[Stored data]

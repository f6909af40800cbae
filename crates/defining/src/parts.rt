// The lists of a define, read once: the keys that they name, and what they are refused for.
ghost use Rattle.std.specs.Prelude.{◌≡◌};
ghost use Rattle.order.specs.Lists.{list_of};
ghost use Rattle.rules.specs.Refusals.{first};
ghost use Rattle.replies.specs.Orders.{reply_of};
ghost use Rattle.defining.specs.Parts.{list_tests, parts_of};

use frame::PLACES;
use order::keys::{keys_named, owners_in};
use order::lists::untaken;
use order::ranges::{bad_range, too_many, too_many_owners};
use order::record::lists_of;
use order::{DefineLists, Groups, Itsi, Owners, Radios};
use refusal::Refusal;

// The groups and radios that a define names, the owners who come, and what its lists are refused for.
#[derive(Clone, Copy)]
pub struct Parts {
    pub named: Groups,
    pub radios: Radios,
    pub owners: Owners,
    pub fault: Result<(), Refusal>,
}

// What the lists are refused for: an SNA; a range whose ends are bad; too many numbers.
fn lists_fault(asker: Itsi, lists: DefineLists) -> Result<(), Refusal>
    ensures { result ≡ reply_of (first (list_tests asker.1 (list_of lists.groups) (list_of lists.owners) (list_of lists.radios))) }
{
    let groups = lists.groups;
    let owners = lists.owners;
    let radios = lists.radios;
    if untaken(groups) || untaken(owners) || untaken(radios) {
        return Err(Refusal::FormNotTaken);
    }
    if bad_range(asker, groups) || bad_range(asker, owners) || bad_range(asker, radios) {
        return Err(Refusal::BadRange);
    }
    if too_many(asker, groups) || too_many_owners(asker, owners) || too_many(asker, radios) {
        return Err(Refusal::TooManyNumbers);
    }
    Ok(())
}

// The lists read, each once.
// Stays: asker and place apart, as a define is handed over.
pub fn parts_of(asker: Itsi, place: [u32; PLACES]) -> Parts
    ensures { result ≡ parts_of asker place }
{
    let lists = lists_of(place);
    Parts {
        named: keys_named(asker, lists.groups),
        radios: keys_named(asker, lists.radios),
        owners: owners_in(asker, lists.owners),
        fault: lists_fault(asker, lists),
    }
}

* * *

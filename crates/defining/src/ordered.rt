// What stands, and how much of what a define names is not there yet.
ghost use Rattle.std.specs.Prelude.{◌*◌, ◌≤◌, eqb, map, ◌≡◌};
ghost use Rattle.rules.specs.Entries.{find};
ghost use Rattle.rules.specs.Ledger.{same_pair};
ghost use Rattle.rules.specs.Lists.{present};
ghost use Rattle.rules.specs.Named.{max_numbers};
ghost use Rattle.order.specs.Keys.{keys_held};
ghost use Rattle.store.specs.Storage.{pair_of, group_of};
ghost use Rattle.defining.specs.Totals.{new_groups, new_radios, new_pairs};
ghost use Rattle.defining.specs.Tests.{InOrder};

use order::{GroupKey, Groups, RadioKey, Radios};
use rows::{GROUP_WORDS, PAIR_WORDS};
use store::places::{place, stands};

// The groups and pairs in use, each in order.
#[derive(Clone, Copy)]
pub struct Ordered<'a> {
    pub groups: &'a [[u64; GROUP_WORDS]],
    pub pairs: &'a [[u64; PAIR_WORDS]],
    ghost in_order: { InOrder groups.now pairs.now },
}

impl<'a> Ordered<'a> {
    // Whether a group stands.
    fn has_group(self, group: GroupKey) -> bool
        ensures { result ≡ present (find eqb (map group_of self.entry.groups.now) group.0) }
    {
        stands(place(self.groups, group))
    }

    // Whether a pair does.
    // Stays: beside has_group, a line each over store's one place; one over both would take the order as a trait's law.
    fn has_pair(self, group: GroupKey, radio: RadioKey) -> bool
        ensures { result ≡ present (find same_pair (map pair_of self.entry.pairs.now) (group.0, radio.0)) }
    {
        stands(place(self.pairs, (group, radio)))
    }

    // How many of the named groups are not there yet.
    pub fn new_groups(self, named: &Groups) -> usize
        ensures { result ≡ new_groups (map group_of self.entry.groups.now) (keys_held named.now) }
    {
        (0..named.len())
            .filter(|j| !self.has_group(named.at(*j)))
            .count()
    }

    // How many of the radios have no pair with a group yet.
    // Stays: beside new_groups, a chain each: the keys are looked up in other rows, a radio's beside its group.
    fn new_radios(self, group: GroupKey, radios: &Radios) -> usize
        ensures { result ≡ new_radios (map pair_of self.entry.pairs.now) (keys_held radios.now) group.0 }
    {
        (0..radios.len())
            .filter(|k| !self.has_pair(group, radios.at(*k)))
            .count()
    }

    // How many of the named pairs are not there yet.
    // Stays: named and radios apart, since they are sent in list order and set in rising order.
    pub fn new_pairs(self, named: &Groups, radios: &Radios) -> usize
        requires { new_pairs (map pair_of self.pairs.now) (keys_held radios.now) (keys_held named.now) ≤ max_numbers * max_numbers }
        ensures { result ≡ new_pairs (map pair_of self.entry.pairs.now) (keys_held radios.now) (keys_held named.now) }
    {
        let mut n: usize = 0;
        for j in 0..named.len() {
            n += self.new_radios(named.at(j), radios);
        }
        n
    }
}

==

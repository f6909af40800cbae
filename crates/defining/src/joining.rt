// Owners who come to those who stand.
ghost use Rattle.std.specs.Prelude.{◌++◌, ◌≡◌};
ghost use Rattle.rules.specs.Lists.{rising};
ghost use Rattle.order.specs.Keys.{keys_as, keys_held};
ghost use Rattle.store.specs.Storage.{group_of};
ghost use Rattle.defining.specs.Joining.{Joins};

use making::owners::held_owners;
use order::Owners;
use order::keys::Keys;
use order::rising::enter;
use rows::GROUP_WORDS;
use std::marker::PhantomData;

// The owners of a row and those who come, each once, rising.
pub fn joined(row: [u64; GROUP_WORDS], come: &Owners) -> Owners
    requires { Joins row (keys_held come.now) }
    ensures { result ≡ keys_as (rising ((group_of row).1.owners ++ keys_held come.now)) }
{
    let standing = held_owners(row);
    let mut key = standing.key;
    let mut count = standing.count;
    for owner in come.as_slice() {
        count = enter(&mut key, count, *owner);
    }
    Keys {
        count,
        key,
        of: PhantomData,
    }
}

— Description of the task —
Starting with the line above that holds "present (find eqb" and stopping with the line that holds "a group yet.", reproduce each line exactly, omitting all other lines.

— Task result —
        ensures { result ≡ present (find eqb (map group_of self.entry.groups.now) group.0) }
    {
        stands(place(self.groups, group))
    }

    // Whether a pair does.
    // Stays: beside has_group, a line each over store's one place; one over both would take the order as a trait's law.
    fn has_pair(self, group: GroupKey, radio: RadioKey) -> bool
        ensures { result ≡ present (find same_pair (map pair_of self.entry.pairs.now) (group.0, radio.0)) }
    {
        stands(place(self.pairs, (group, radio)))
    }

    // How many of the named groups are not there yet.
    pub fn new_groups(self, named: &Groups) -> usize
        ensures { result ≡ new_groups (map group_of self.entry.groups.now) (keys_held named.now) }
    {
        (0..named.len())
            .filter(|j| !self.has_group(named.at(*j)))
            .count()
    }

    // How many of the radios have no pair with a group yet.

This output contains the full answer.